### Prompt
Give back exactly the lines of the entries below from the line with "entries.push((0, LOW, 0, 1))?;" to the line with "fn one_name_too_many(rt: HostRuntime)", inclusive, and only those.
=== Records ===
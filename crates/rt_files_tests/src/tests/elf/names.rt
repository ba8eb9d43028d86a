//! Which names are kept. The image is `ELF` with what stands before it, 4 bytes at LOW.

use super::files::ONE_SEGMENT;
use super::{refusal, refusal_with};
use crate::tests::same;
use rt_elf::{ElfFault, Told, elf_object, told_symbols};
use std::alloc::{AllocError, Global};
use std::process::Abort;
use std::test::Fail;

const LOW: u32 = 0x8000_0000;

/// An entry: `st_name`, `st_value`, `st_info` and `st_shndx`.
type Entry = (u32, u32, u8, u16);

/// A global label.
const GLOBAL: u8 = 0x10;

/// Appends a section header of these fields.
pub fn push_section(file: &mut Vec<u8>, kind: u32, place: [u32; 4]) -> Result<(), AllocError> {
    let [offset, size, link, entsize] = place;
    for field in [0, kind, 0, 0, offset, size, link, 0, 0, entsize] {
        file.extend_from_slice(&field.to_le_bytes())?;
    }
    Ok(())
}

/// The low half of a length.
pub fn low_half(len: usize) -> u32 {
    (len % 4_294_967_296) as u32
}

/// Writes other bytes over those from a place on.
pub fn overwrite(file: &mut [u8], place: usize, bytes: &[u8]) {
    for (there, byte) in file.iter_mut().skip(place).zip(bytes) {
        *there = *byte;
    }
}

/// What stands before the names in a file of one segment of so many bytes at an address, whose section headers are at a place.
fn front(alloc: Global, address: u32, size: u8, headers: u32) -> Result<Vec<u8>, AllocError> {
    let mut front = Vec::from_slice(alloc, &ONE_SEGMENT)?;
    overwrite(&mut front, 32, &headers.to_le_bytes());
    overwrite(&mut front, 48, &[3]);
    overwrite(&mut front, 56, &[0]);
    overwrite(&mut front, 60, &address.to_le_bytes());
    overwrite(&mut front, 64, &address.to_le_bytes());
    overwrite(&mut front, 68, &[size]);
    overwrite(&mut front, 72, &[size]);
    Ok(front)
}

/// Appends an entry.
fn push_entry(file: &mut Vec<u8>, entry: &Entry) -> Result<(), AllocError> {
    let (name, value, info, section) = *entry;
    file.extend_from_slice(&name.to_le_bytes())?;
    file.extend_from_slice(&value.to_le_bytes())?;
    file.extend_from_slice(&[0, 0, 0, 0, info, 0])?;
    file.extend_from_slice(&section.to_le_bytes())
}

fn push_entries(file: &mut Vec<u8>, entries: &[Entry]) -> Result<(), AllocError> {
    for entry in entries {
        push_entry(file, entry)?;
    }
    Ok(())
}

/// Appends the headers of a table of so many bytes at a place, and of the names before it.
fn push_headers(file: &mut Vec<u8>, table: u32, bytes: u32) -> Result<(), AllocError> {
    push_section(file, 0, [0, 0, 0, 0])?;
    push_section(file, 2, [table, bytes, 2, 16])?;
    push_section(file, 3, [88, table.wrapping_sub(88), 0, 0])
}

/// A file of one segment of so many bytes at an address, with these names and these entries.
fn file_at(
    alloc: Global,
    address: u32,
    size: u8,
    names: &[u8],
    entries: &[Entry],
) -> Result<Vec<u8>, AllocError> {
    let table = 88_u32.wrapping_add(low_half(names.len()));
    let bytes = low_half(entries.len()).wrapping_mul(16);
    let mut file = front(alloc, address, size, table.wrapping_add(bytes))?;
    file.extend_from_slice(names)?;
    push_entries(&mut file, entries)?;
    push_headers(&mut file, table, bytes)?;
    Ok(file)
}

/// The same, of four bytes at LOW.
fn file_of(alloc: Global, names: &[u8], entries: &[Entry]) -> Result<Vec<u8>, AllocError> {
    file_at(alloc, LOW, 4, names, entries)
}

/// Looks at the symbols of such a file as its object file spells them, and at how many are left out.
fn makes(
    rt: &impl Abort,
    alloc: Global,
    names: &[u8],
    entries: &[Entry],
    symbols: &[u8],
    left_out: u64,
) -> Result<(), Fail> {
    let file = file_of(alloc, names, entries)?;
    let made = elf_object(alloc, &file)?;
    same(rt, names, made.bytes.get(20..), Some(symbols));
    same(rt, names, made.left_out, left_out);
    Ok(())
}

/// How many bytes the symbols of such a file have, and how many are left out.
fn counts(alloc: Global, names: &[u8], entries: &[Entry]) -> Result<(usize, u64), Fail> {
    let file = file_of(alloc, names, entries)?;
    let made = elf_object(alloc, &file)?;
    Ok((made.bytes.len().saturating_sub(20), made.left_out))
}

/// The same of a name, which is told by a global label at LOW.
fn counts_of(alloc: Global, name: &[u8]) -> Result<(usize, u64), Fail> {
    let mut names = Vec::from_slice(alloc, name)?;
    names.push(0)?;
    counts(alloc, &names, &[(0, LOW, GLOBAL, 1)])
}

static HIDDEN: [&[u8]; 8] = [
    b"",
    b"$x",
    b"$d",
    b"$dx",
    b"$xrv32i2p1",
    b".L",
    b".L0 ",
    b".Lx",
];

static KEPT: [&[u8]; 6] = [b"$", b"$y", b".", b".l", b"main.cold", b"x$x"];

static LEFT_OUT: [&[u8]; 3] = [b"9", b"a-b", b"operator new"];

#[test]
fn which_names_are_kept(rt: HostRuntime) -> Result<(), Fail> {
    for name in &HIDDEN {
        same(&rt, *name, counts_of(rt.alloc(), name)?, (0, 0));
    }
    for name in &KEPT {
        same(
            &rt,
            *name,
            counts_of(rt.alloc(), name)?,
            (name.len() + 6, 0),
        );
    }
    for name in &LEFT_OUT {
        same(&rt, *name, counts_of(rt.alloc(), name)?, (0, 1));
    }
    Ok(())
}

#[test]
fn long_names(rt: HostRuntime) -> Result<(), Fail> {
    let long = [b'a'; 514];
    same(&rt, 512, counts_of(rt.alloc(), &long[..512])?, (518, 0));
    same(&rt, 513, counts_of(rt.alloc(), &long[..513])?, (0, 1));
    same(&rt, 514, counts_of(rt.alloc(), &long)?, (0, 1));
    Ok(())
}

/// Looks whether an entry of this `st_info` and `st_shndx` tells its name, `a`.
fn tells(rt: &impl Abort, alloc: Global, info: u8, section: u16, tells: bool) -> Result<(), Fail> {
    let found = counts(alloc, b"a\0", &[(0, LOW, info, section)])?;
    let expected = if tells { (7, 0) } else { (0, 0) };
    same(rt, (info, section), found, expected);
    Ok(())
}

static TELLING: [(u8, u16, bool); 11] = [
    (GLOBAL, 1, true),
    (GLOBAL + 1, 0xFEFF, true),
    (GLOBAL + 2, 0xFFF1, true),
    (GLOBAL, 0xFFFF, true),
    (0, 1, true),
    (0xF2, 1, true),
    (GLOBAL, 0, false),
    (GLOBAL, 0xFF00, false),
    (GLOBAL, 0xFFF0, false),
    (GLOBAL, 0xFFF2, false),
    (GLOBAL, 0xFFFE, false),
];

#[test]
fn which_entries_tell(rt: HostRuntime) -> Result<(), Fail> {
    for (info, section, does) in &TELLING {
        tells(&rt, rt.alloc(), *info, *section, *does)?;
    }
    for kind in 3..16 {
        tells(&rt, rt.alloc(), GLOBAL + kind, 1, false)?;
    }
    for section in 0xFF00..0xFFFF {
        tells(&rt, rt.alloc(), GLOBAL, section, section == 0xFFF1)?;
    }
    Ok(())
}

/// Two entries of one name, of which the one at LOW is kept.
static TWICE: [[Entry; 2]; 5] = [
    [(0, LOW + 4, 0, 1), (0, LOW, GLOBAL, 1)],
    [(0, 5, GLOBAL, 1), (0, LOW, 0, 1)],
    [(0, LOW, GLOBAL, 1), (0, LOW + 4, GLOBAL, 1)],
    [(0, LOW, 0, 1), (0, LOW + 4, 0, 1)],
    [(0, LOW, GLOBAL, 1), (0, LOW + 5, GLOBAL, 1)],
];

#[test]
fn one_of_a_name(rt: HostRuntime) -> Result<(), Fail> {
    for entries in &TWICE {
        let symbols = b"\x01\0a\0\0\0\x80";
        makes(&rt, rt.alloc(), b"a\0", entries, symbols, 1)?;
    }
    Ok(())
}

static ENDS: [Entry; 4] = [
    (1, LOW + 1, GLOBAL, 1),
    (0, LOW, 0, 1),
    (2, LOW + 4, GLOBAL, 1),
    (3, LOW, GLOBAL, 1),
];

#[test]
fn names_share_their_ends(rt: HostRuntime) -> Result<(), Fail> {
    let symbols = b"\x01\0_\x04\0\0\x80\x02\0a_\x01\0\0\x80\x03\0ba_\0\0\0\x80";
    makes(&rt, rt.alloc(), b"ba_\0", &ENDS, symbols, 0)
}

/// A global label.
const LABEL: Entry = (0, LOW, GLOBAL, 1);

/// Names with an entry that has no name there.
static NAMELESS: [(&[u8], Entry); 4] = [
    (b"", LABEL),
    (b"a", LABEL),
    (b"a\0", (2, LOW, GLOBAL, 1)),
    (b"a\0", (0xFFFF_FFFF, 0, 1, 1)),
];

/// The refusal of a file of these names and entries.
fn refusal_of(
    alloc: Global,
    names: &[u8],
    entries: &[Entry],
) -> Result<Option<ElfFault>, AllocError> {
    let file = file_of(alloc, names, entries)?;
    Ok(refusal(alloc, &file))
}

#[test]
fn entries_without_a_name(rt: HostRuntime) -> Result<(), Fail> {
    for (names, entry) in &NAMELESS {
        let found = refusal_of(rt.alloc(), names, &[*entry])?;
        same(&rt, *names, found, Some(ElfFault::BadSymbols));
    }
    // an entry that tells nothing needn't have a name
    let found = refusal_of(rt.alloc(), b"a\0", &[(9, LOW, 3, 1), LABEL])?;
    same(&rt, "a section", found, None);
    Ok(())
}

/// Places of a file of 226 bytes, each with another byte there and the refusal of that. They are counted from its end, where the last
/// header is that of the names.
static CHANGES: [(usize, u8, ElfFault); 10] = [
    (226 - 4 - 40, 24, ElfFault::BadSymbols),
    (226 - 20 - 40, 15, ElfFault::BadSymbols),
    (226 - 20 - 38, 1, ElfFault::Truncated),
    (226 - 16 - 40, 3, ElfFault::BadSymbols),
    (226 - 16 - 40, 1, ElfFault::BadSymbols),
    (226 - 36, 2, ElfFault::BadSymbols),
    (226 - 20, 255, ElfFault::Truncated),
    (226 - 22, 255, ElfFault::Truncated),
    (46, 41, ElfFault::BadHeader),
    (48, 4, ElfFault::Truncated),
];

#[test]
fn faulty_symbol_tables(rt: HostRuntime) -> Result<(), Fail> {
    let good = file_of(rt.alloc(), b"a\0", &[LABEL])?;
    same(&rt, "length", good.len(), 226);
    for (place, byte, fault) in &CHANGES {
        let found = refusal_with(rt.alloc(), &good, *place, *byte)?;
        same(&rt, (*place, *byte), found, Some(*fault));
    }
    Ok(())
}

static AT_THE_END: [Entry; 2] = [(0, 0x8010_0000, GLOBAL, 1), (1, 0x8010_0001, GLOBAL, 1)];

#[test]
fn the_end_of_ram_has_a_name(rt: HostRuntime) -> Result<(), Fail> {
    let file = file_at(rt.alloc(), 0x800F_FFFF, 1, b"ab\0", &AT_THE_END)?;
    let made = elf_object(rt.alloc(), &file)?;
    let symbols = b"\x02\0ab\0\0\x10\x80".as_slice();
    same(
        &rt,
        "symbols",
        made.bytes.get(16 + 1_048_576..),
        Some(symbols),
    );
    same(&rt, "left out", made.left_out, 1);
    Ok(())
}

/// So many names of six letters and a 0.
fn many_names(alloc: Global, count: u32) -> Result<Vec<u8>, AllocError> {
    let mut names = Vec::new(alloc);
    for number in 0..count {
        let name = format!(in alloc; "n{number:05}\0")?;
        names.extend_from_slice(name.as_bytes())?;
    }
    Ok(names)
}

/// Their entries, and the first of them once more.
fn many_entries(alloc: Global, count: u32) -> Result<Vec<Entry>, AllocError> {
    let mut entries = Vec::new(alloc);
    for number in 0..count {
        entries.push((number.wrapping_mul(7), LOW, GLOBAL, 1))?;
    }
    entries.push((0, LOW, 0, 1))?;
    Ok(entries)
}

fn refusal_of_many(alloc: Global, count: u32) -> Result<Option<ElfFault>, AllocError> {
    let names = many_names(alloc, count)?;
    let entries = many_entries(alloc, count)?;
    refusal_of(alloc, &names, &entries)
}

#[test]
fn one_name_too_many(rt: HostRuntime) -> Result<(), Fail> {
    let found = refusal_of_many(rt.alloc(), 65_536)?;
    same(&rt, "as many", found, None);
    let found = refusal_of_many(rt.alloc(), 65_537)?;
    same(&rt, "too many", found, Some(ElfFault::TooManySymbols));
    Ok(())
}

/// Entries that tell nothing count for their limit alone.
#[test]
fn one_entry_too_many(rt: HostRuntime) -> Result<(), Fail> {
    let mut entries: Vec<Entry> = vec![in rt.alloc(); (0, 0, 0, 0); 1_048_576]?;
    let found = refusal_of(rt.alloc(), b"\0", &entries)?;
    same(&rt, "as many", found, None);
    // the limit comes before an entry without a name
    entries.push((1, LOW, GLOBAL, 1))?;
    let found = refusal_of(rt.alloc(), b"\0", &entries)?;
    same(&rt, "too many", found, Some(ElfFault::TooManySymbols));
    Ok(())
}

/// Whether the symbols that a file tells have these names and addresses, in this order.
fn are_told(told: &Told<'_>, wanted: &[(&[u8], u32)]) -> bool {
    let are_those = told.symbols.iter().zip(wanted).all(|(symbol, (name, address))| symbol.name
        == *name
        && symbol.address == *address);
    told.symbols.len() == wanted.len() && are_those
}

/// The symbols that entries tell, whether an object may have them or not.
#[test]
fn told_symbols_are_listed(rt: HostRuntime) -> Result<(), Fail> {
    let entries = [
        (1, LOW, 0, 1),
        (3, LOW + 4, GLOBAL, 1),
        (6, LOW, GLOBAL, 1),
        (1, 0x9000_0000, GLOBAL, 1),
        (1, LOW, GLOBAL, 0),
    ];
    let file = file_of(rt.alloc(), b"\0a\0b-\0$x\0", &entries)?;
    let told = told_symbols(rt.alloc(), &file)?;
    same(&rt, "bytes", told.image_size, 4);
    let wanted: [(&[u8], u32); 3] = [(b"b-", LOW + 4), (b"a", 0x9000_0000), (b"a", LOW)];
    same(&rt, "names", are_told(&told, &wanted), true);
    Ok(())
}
===
### Answer to the problem
    entries.push((0, LOW, 0, 1))?;
    Ok(entries)
}

fn refusal_of_many(alloc: Global, count: u32) -> Result<Option<ElfFault>, AllocError> {
    let names = many_names(alloc, count)?;
    let entries = many_entries(alloc, count)?;
    refusal_of(alloc, &names, &entries)
}

#[test]
fn one_name_too_many(rt: HostRuntime) -> Result<(), Fail> {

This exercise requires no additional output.